Exercise goal » Your answer must be the full set of records, repeated exactly.
[Opening Dataset excerpts section]
//! Datagrams, written and read.
use mdcc_frag::{DropCause, FragHead, Piece, count, piece_in, split};
use std::test::Fail;

// Lengths of messages, and how many datagrams these have. 1,516 whole pieces are 2,096,628 bytes, 524 fewer than a message may
// have.
const COUNTS: [(usize, u16); 8] = [
    (0, 0),
    (1, 1),
    (1383, 1),
    (1384, 2),
    (2766, 2),
    (2767, 3),
    (2_096_628, 1516),
    (2_097_152, 1517),
];

// The message `x` of endpoint 2, epoch 1, serial 3, and the header alone with another sender, total, index and count.
const SINGLE: [u8; 18] = [2, 1, 0, 0, 0, 3, 0, 0, 0, 1, 0, 0, 0, 0, 0, 1, 0, 120];

// The header of the second of two pieces of 1,384 bytes, of endpoint 25, epoch 67,305,985, serial 134,678,021.
const SECOND: [u8; 17] = [25, 1, 2, 3, 4, 5, 6, 7, 8, 104, 5, 0, 0, 1, 0, 2, 0];

const HEAD: FragHead = FragHead {
    sender: 2,
    epoch: 1,
    serial: 3,
};

const FAR: FragHead = FragHead {
    sender: 25,
    epoch: 67_305_985,
    serial: 134_678_021,
};

// Headers with so many bytes of a piece, and what is read of them.
const REFUSED: [([u8; 17], usize, DropCause); 12] = [
    // sender 0, 10, 16, 26
    (
        [0, 1, 0, 0, 0, 3, 0, 0, 0, 1, 0, 0, 0, 0, 0, 1, 0],
        1,
        DropCause::Header,
    ),
    (
        [10, 1, 0, 0, 0, 3, 0, 0, 0, 1, 0, 0, 0, 0, 0, 1, 0],
        1,
        DropCause::Header,
    ),
    (
        [16, 1, 0, 0, 0, 3, 0, 0, 0, 1, 0, 0, 0, 0, 0, 1, 0],
        1,
        DropCause::Header,
    ),
    (
        [26, 1, 0, 0, 0, 3, 0, 0, 0, 1, 0, 0, 0, 0, 0, 1, 0],
        1,
        DropCause::Header,
    ),
    // total 0 with count 1
    (
        [1, 1, 0, 0, 0, 3, 0, 0, 0, 0, 0, 0, 0, 0, 0, 1, 0],
        0,
        DropCause::Count,
    ),
    // total 2,097,153, which would have 1,517 pieces
    (
        [1, 1, 0, 0, 0, 3, 0, 0, 0, 1, 0, 32, 0, 0, 0, 237, 5],
        1383,
        DropCause::Count,
    ),
    // total 1 with count 2, and with count 0
    (
        [1, 1, 0, 0, 0, 3, 0, 0, 0, 1, 0, 0, 0, 0, 0, 2, 0],
        1,
        DropCause::Count,
    ),
    (
        [1, 1, 0, 0, 0, 3, 0, 0, 0, 1, 0, 0, 0, 0, 0, 0, 0],
        1,
        DropCause::Count,
    ),
    // index 1 of one piece
    (
        [1, 1, 0, 0, 0, 3, 0, 0, 0, 1, 0, 0, 0, 1, 0, 1, 0],
        1,
        DropCause::Count,
    ),
    // a piece that is too short, and one that is too long
    (
        [1, 1, 0, 0, 0, 3, 0, 0, 0, 1, 0, 0, 0, 0, 0, 1, 0],
        0,
        DropCause::Count,
    ),
    (
        [1, 1, 0, 0, 0, 3, 0, 0, 0, 1, 0, 0, 0, 0, 0, 1, 0],
        2,
        DropCause::Count,
    ),
    // the first of two pieces, one byte short
    (
        [1, 1, 0, 0, 0, 3, 0, 0, 0, 104, 5, 0, 0, 0, 0, 2, 0],
        1382,
        DropCause::Count,
    ),
];

// Whether the header with so many bytes behind it is refused so.
fn is_refused(header: &[u8; 17], size: usize, cause: DropCause) -> bool {
    let mut datagram = [0u8; 1401];
    datagram[..17].copy_from_slice(header);
    if size > 1384 {
        return false;
    }
    piece_in(&datagram[..17 + size]) == Err(cause)
}

#[test]
fn counts(rt: HostRuntime) -> Result<(), Fail> {
    for (length, pieces) in COUNTS {
        if length <= 2_097_152 {
            assert_eq!(rt; count(length), pieces);
        }
    }
    Ok(())
}

#[test]
fn a_message_of_one_byte_has_one_datagram(rt: HostRuntime) -> Result<(), Fail> {
    let mut out = [7u8; 1400];
    let size = split(b"x", HEAD, 0, &mut out);
    assert_eq!(rt; size, 18);
    assert_eq!(rt; &out[..18], SINGLE.as_slice());
    assert_eq!(rt; out[18], 7);
    let piece = Piece {
        head: HEAD,
        total: 1,
        index: 0,
    };
    assert_eq!(rt; piece_in(SINGLE.as_slice()), Ok(piece));
    Ok(())
}

#[test]
fn the_last_piece_has_the_rest(rt: HostRuntime) -> Result<(), Fail> {
    let mut message = [9u8; 1384];
    message[1383] = 8;
    let mut out = [7u8; 1400];
    let size = split(&message, FAR, 1, &mut out);
    assert_eq!(rt; size, 18);
    assert_eq!(rt; &out[..17], SECOND.as_slice());
    assert_eq!(rt; out[17], 8);
    assert_eq!(rt; out[18], 7);
    let piece = Piece {
        head: FAR,
        total: 1384,
        index: 1,
    };
    assert_eq!(rt; piece_in(&out[..18]), Ok(piece));
    let whole = split(&message, FAR, 0, &mut out);
    assert_eq!(rt; whole, 1400);
    assert_eq!(rt; out[1399], 9);
    Ok(())
}

#[test]
fn what_is_no_datagram_is_dropped(rt: HostRuntime) -> Result<(), Fail> {
    assert_eq!(rt; piece_in([0u8; 16].as_slice()), Err(DropCause::Header));
    assert_eq!(rt; piece_in(&SINGLE[..16]), Err(DropCause::Header));
    for (header, size, cause) in REFUSED {
        assert!(rt; is_refused(&header, size, cause));
    }
    Ok(())
}
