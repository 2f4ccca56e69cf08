//! Tests of files, sockets and links in memory, and of messages that are cut into datagrams and joined again.
#![tactic(auto)]

#[cfg(test)]
mod datagrams;
#[cfg(test)]
mod files;
#[cfg(test)]
mod joining;
#[cfg(test)]
mod memory;
#[cfg(test)]
mod sockets;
[Closing Dataset excerpts section]
Task solution »
//! Datagrams, written and read.
use mdcc_frag::{DropCause, FragHead, Piece, count, piece_in, split};
use std::test::Fail;

// Lengths of messages, and how many datagrams these have. 1,516 whole pieces are 2,096,628 bytes, 524 fewer than a message may
// have.
const COUNTS: [(usize, u16); 8] = [
    (0, 0),
    (1, 1),
    (1383, 1),
    (1384, 2),
    (2766, 2),
    (2767, 3),
    (2_096_628, 1516),
    (2_097_152, 1517),
];

// The message `x` of endpoint 2, epoch 1, serial 3, and the header alone with another sender, total, index and count.
const SINGLE: [u8; 18] = [2, 1, 0, 0, 0, 3, 0, 0, 0, 1, 0, 0, 0, 0, 0, 1, 0, 120];

// The header of the second of two pieces of 1,384 bytes, of endpoint 25, epoch 67,305,985, serial 134,678,021.
const SECOND: [u8; 17] = [25, 1, 2, 3, 4, 5, 6, 7, 8, 104, 5, 0, 0, 1, 0, 2, 0];

const HEAD: FragHead = FragHead {
    sender: 2,
    epoch: 1,
    serial: 3,
};

const FAR: FragHead = FragHead {
    sender: 25,
    epoch: 67_305_985,
    serial: 134_678_021,
};

// Headers with so many bytes of a piece, and what is read of them.
const REFUSED: [([u8; 17], usize, DropCause); 12] = [
    // sender 0, 10, 16, 26
    (
        [0, 1, 0, 0, 0, 3, 0, 0, 0, 1, 0, 0, 0, 0, 0, 1, 0],
        1,
        DropCause::Header,
    ),
    (
        [10, 1, 0, 0, 0, 3, 0, 0, 0, 1, 0, 0, 0, 0, 0, 1, 0],
        1,
        DropCause::Header,
    ),
    (
        [16, 1, 0, 0, 0, 3, 0, 0, 0, 1, 0, 0, 0, 0, 0, 1, 0],
        1,
        DropCause::Header,
    ),
    (
        [26, 1, 0, 0, 0, 3, 0, 0, 0, 1, 0, 0, 0, 0, 0, 1, 0],
        1,
        DropCause::Header,
    ),
    // total 0 with count 1
    (
        [1, 1, 0, 0, 0, 3, 0, 0, 0, 0, 0, 0, 0, 0, 0, 1, 0],
        0,
        DropCause::Count,
    ),
    // total 2,097,153, which would have 1,517 pieces
    (
        [1, 1, 0, 0, 0, 3, 0, 0, 0, 1, 0, 32, 0, 0, 0, 237, 5],
        1383,
        DropCause::Count,
    ),
    // total 1 with count 2, and with count 0
    (
        [1, 1, 0, 0, 0, 3, 0, 0, 0, 1, 0, 0, 0, 0, 0, 2, 0],
        1,
        DropCause::Count,
    ),
    (
        [1, 1, 0, 0, 0, 3, 0, 0, 0, 1, 0, 0, 0, 0, 0, 0, 0],
        1,
        DropCause::Count,
    ),
    // index 1 of one piece
    (
        [1, 1, 0, 0, 0, 3, 0, 0, 0, 1, 0, 0, 0, 1, 0, 1, 0],
        1,
        DropCause::Count,
    ),
    // a piece that is too short, and one that is too long
    (
        [1, 1, 0, 0, 0, 3, 0, 0, 0, 1, 0, 0, 0, 0, 0, 1, 0],
        0,
        DropCause::Count,
    ),
    (
        [1, 1, 0, 0, 0, 3, 0, 0, 0, 1, 0, 0, 0, 0, 0, 1, 0],
        2,
        DropCause::Count,
    ),
    // the first of two pieces, one byte short
    (
        [1, 1, 0, 0, 0, 3, 0, 0, 0, 104, 5, 0, 0, 0, 0, 2, 0],
        1382,
        DropCause::Count,
    ),
];

// Whether the header with so many bytes behind it is refused so.
fn is_refused(header: &[u8; 17], size: usize, cause: DropCause) -> bool {
    let mut datagram = [0u8; 1401];
    datagram[..17].copy_from_slice(header);
    if size > 1384 {
        return false;
    }
    piece_in(&datagram[..17 + size]) == Err(cause)
}

#[test]
fn counts(rt: HostRuntime) -> Result<(), Fail> {
    for (length, pieces) in COUNTS {
        if length <= 2_097_152 {
            assert_eq!(rt; count(length), pieces);
        }
    }
    Ok(())
}

#[test]
fn a_message_of_one_byte_has_one_datagram(rt: HostRuntime) -> Result<(), Fail> {
    let mut out = [7u8; 1400];
    let size = split(b"x", HEAD, 0, &mut out);
    assert_eq!(rt; size, 18);
    assert_eq!(rt; &out[..18], SINGLE.as_slice());
    assert_eq!(rt; out[18], 7);
    let piece = Piece {
        head: HEAD,
        total: 1,
        index: 0,
    };
    assert_eq!(rt; piece_in(SINGLE.as_slice()), Ok(piece));
    Ok(())
}

#[test]
fn the_last_piece_has_the_rest(rt: HostRuntime) -> Result<(), Fail> {
    let mut message = [9u8; 1384];
    message[1383] = 8;
    let mut out = [7u8; 1400];
    let size = split(&message, FAR, 1, &mut out);
    assert_eq!(rt; size, 18);
    assert_eq!(rt; &out[..17], SECOND.as_slice());
    assert_eq!(rt; out[17], 8);
    assert_eq!(rt; out[18], 7);
    let piece = Piece {
        head: FAR,
        total: 1384,
        index: 1,
    };
    assert_eq!(rt; piece_in(&out[..18]), Ok(piece));
    let whole = split(&message, FAR, 0, &mut out);
    assert_eq!(rt; whole, 1400);
    assert_eq!(rt; out[1399], 9);
    Ok(())
}

#[test]
fn what_is_no_datagram_is_dropped(rt: HostRuntime) -> Result<(), Fail> {
    assert_eq!(rt; piece_in([0u8; 16].as_slice()), Err(DropCause::Header));
    assert_eq!(rt; piece_in(&SINGLE[..16]), Err(DropCause::Header));
    for (header, size, cause) in REFUSED {
        assert!(rt; is_refused(&header, size, cause));
    }
    Ok(())
}
repository 2f4ccca56e69cf08
//! Tests of files, sockets and links in memory, and of messages that are cut into datagrams and joined again.
#![tactic(auto)]

#[cfg(test)]
mod datagrams;
#[cfg(test)]
mod files;
#[cfg(test)]
mod joining;
#[cfg(test)]
mod memory;
#[cfg(test)]
mod sockets;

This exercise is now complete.